Nor does it factor in any further boost for Reform UK. Just imagine if Nigel Farage delivered on his hints and came back to politics. Two or three extra points for Reform, a bit more tactical voting, and this might start to look like an extinction event.

What we see is that the 2019 coalition has collapsed. In 2019, the Tories became a truly national party for the first time since 1983, winning big all over the country. That now reverses out. The Red Wall disappears, and every one of the seats we won in the North and Midlands in 2017 and 2019 is lost again.

But this isn’t balanced out by any corresponding gain in the South. We lose almost half of our seats in the South East too.

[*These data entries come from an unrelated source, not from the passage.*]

//! Requests on books with nothing in them, one on a line, behind what comes of it: the numbers that are drawn, `-`
//! where none is, or the refusal. The day of all is the same, and isn't written here.

/// On categories, locations, parts and bills.
pub const PARTS: &str = r#"1 {"do":"add_location","name":"A"}
NoSuch {"do":"add_location","name":"B","parent":9}
NameTaken {"do":"add_location","name":"A"}
2 {"do":"add_category","name":"Metal"}
NoSuch {"do":"add_category","name":"Steel","parent":1}
NameTaken {"do":"add_category","name":"Metal"}
3 {"do":"add_part","flags":["component"],"name":"Screw"}
4 {"do":"add_part","flags":["assembly"],"name":"Robot"}
5 {"do":"add_part","flags":["assembly","component"],"name":"Frame"}
6 {"do":"add_part","flags":["template","component"],"name":"Old"}
7 {"do":"add_part","flags":["template","component"],"name":"Bolt"}
8 {"do":"add_part","flags":["template","component"],"name":"Bolt M","template":7}
9 {"do":"add_part","flags":["template","component"],"name":"Bolt M4","template":8}
10 {"do":"add_part","flags":["template","component"],"name":"Bolt M4 10","template":9}
NoSuch {"do":"add_part","flags":[],"name":"Nut","template":2}
NameTaken {"do":"add_part","flags":[],"name":"Screw"}
WrongFlag {"do":"add_part","flags":[],"name":"Nut","template":3}
- {"do":"retire_part","part":6}
Retired {"do":"add_part","flags":[],"name":"Nut","template":6}
TooDeep {"do":"add_part","flags":[],"name":"Nut","template":10}
NoSuch {"do":"retire_part","part":1}
Retired {"do":"retire_part","part":6}
11 {"do":"add_line","assembly":4,"component":3,"quantity":4}
12 {"do":"add_line","assembly":5,"component":3,"quantity":2}
NoSuch {"do":"add_line","assembly":4,"component":1,"quantity":1}
BadNumber {"do":"add_line","assembly":4,"component":7,"quantity":0}
WrongFlag {"do":"add_line","assembly":3,"component":7,"quantity":1}
Retired {"do":"add_line","assembly":4,"component":6,"quantity":1}
Cycle {"do":"add_line","assembly":5,"component":5,"quantity":1}
13 {"do":"add_substitute","line":11,"part":7}
NoSuch {"do":"add_substitute","line":13,"part":8}
WrongFlag {"do":"add_substitute","line":11,"part":4}
Retired {"do":"add_substitute","line":11,"part":6}
InUse {"do":"add_substitute","line":11,"part":7}
Cycle {"do":"add_substitute","line":12,"part":5}
NoSuch {"do":"drop_substitute","substitute":11}
NoSuch {"do":"drop_line","line":13}
14 {"do":"build","part":4,"quantity":1}
InUse {"do":"add_line","assembly":4,"component":7,"quantity":1}
InUse {"do":"drop_substitute","substitute":13}
InUse {"do":"drop_line","line":11}
- {"do":"cancel_build","build":14}
- {"do":"drop_substitute","substitute":13}
- {"do":"drop_line","line":11}
"#;
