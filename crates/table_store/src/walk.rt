//! The rows of a table, one after another, as the database reads them.
ghost use Rattle.std.specs.Prelude.{◌≡◌, ◌++◌, ◌∷◌, [], Some, IfOk, IfErr, OnErr, OnOk};
ghost use Rattle.sqlite.specs.Held.{state};
ghost use Rattle.sqlite.specs.State.{HasCleanDisk, IsUnchanged, Survives};
ghost use Rattle.table_store.specs.Faults.{NamesTable};
ghost use Rattle.table_store.specs.Stored.{row_of, values_of, FailsToLoad, FailsToRead};
ghost use Rattle.table_store.specs.Transactions.{IsOfReading};
ghost use Rattle.table_store.specs.Values.{HasTable};
ghost use Rattle.table_store.specs.Walked.{TakesAll, TakesFront};
ghost use Rattle.table_store.specs.Written.{tree_of};

use crate::fault::{Failed, TableFault};
use crate::name::TableName;
use crate::read::row_of;
use sheet_core::{ColumnFault, Stored};
use sqlite::{Alter, Connection, Error, ErrorCode, Row};
use std::alloc::{AllocError, Global};

/// What takes the rows of a table as they come.
pub trait Visitor<R> {
    /// What taking a row makes of it.
    ghost takes: { Self → R → Self → Type 0 };

    /// What it may be left as where it took none.
    ghost keeps: { Self → Self → Type 0 };

    /// Takes one more row; after an error it has taken none.
    fn take(&mut self, row: R) -> Result<(), AllocError>
        ensures takes { OnOk result (takes self.old row self.new) }
        ensures keeps { OnErr result (keeps self.old self.new) };
}

/// A list takes a row as its last.
impl<R: Drop> Visitor<R> for Vec<R> {
    ghost takes = { λ old row new. new.items ≡ old.items ++ row ∷ [] };

    ghost keeps = { λ old new. new.items ≡ old.items };

    fn take(&mut self, row: R) -> Result<(), AllocError> {
        Ok(self.push(row)?)
    }
}

/// The row of the machine that the row of the table is.
fn read_row<R: Stored>(alloc: Global, table: TableName, row: &Row) -> Result<R, TableFault>
    ensures read { IfOk result (λ read. row_of R.row_from row.now ≡ Some read) }
    ensures told { IfOk result (λ read. values_of R.columns_of read ≡ row.now) }
    ensures failed { IfErr result (FailsToRead R.row_from (row.now ∷ [])) }
    ensures fault { IfErr result IsOfReading }
    ensures named { IfErr result (NamesTable table) }
{
    match row_of::<R>(alloc, row) {
        Ok(row) => Ok(row),
        Err(ColumnFault::Memory) => Err(TableFault::Memory),
        Err(ColumnFault::NoRow) => Err(TableFault::BadRow(Failed::bad_row(table))),
    }
}

/// Hands all rows of a table to the visitor, as rows of the machine and in the order of the key: each as the database
/// reads it, so that no list of them is made. The table may be one of version 1.
///
/// `BadRow` at the first row that is none of the machine's, and `Memory` also where the visitor has none. `NoTable` is
/// never answered: whether the tables are there is asked before.
pub fn each_row<S: Alter, R: Stored, V: Visitor<R>>(
    alloc: Global,
    conn: &mut Connection<S>,
    table: TableName,
    visitor: &mut V,
) -> Result<(), TableFault>
    requires { HasCleanDisk (state S.Store conn.old) → HasTable table (state S.Store conn.old) }
    ensures whole { HasCleanDisk (state S.Store conn.new)
        → OnOk result (TakesAll R.row_from R.columns_of table
        (tree_of table (state S.Store conn.old)) V.takes visitor.old visitor.new) }
    ensures front { HasCleanDisk (state S.Store conn.new)
        → OnErr result (TakesFront R.row_from R.columns_of table
        (tree_of table (state S.Store conn.old)) V.takes V.keeps visitor.old visitor.new) }
    ensures same { HasCleanDisk (state S.Store conn.new)
        → OnOk result (IsUnchanged (state S.Store conn.old) (state S.Store conn.new)) }
    ensures failed { HasCleanDisk (state S.Store conn.new)
        → IfErr result (FailsToLoad R.row_from table
        (state S.Store conn.old) (state S.Store conn.new)) }
    ensures fault { IfErr result IsOfReading }
    ensures named { IfErr result (NamesTable table) }
    ensures crash { Survives (state S.Store conn.old) (state S.Store conn.new) (λ _. ⊥) }
{
    let mut rows = match conn.query(table.load_text(), &[]) {
        Ok(rows) => rows,
        Err(error) => return Err(TableFault::Store(Failed::new(error))),
    };
    'rows: for _ in 0..u64::MAX {
        if let Err(error) = rows.advance() {
            return Err(TableFault::Store(Failed::new(error)));
        }
        let Some(row) = rows.get() else {
            return Ok(());
        };
        visitor.take(read_row::<R>(alloc, table, row)?)?;
    }
    // No table has so many rows.
    let error = Error::SqliteFailure(ErrorCode::OperationInterrupted);
    Err(TableFault::Store(Failed::new(error)))
}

Chichester and Horsham, both with 20,000-plus majorities, go Lib Dem. Banbury, Aylesbury and Basingstoke, Tory seats since the 1920s, go Labour.

And many familiar names, or at least Cabinet members, go too – Jeremy Hunt, Penny Mordaunt, Steve Baker, Greg Hands, Simon Clarke, Johnny Mercer, Iain Duncan Smith, the Defence, Education, Justice, Scottish, and Welsh secretaries, and the Chief Whip. Jacob Rees Mogg hangs on by the skin of his teeth.

None of this is driven by huge Labour popularity. It is the result of the collapse of our vote, a collapse itself driven by dissatisfaction on policy – cost of living, tax, the health service and, above all, immigration.

Three-quarters of the voters who have left us are Leave voters. Even now, this group puts the Tories ahead of Labour on the economy. The big problem is immigration, legal as well as illegal. That’s why this week’s vote on Rwanda is so important.

One has to have some sympathy with the Prime Minister. He didn’t choose his inheritance, and he has an unruly party to manage. That’s not his fault, but it is his problem. Whatever the strategy is – and it is often hard to discern one – it isn’t working.

We aren’t dealing with people’s real problems. We push on with net zero, the health service is getting worse, we aren’t building any houses, we don’t defend Brexit and we leave the field to disgruntled Remainers who are telling everyone it is failing. And above all, we don’t look determined to do whatever it takes to control the borders.

There is only one way to rescue the position and bring back those 2019 voters who have left us. It is to be as tough as it takes on immigration, reverse the debilitating increases in tax, end the renewables tax on energy costs – and much more.

It is to set out a vision for why Conservative Britain will be different to the immigration-boosting, Brexit-undermining, taxing, spending, regulating, nannying, hectoring nightmare that Labour will bring. And it is to stop doing all those things ourselves.

I keep saying there is no future for the Conservative Party purely as the voice of the rich, the well-off, the house-owners, the people who feel they are secure in life. Of course we want them. But we want more – the workers, the people who want to end mass immigration, the small business owners, the unwilling renters still paying off student debt, the people who want to buy a house, have a family, get on with life.

At the moment, we are giving them nothing. This poll shows what will happen if we don’t change that. Like Henry V, the people are coming for us “in fierce tempest, in thunder and earthquake”. If we don’t act, there will soon only be smoking rubble left.